> **THE TASK**: Output the data as it stands. Each line must match exactly.

> **DATA FOR THIS EXERCISE**:
+++++
//! A check with its place, as lines name it.

ghost use Rattle.std.specs.Prelude.{◌≡◌, ◌++◌, OnOk, string_bytes};
ghost use Rattle.pp_print.specs.Lines.{check_text, kind_text, place_text};

use pp_prog::{CheckKind, Place};
use pp_text::NoMemory;

/// The word for a kind of check. It takes no memory.
fn kind_word(kind: CheckKind) -> &'static str
    ensures { result.now ≡ kind_text kind }
{
    match kind {
        CheckKind::Precondition => "precondition",
        CheckKind::Postcondition => "postcondition",
        CheckKind::Match => "match",
        CheckKind::Division => "division",
        CheckKind::Measure => "measure",
        CheckKind::Assertion => "assertion",
    }
}

/// Adds `S:L:C`.
pub(crate) fn push_place(out: &mut String, place: Place) -> Result<(), NoMemory>
    ensures { OnOk result (string_bytes out.new ≡ string_bytes out.old ++ place_text place) }
{
    let Place {
        source,
        line,
        column,
    } = place;
    write!(out, "{source}:{line}:{column}")
}

/// Adds `KIND at S:L:C`.
pub(crate) fn push_check(out: &mut String, kind: CheckKind, place: Place) -> Result<(), NoMemory>
    ensures { OnOk result (string_bytes out.new ≡ string_bytes out.old ++ check_text kind place) }
{
    let word = kind_word(kind);
    write!(out, "{word} at ")?;
    push_place(out, place)
}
+++++
> **FINISHED EXERCISE**:
//! A check with its place, as lines name it.

ghost use Rattle.std.specs.Prelude.{◌≡◌, ◌++◌, OnOk, string_bytes};
ghost use Rattle.pp_print.specs.Lines.{check_text, kind_text, place_text};

use pp_prog::{CheckKind, Place};
use pp_text::NoMemory;

/// The word for a kind of check. It takes no memory.
fn kind_word(kind: CheckKind) -> &'static str
    ensures { result.now ≡ kind_text kind }
{
    match kind {
        CheckKind::Precondition => "precondition",
        CheckKind::Postcondition => "postcondition",
        CheckKind::Match => "match",
        CheckKind::Division => "division",
        CheckKind::Measure => "measure",
        CheckKind::Assertion => "assertion",
    }
}

/// Adds `S:L:C`.
pub(crate) fn push_place(out: &mut String, place: Place) -> Result<(), NoMemory>
    ensures { OnOk result (string_bytes out.new ≡ string_bytes out.old ++ place_text place) }
{
    let Place {
        source,
        line,
        column,
    } = place;
    write!(out, "{source}:{line}:{column}")
}

/// Adds `KIND at S:L:C`.
pub(crate) fn push_check(out: &mut String, kind: CheckKind, place: Place) -> Result<(), NoMemory>
    ensures { OnOk result (string_bytes out.new ≡ string_bytes out.old ++ check_text kind place) }
{
    let word = kind_word(kind);
    write!(out, "{word} at ")?;
    push_place(out, place)
}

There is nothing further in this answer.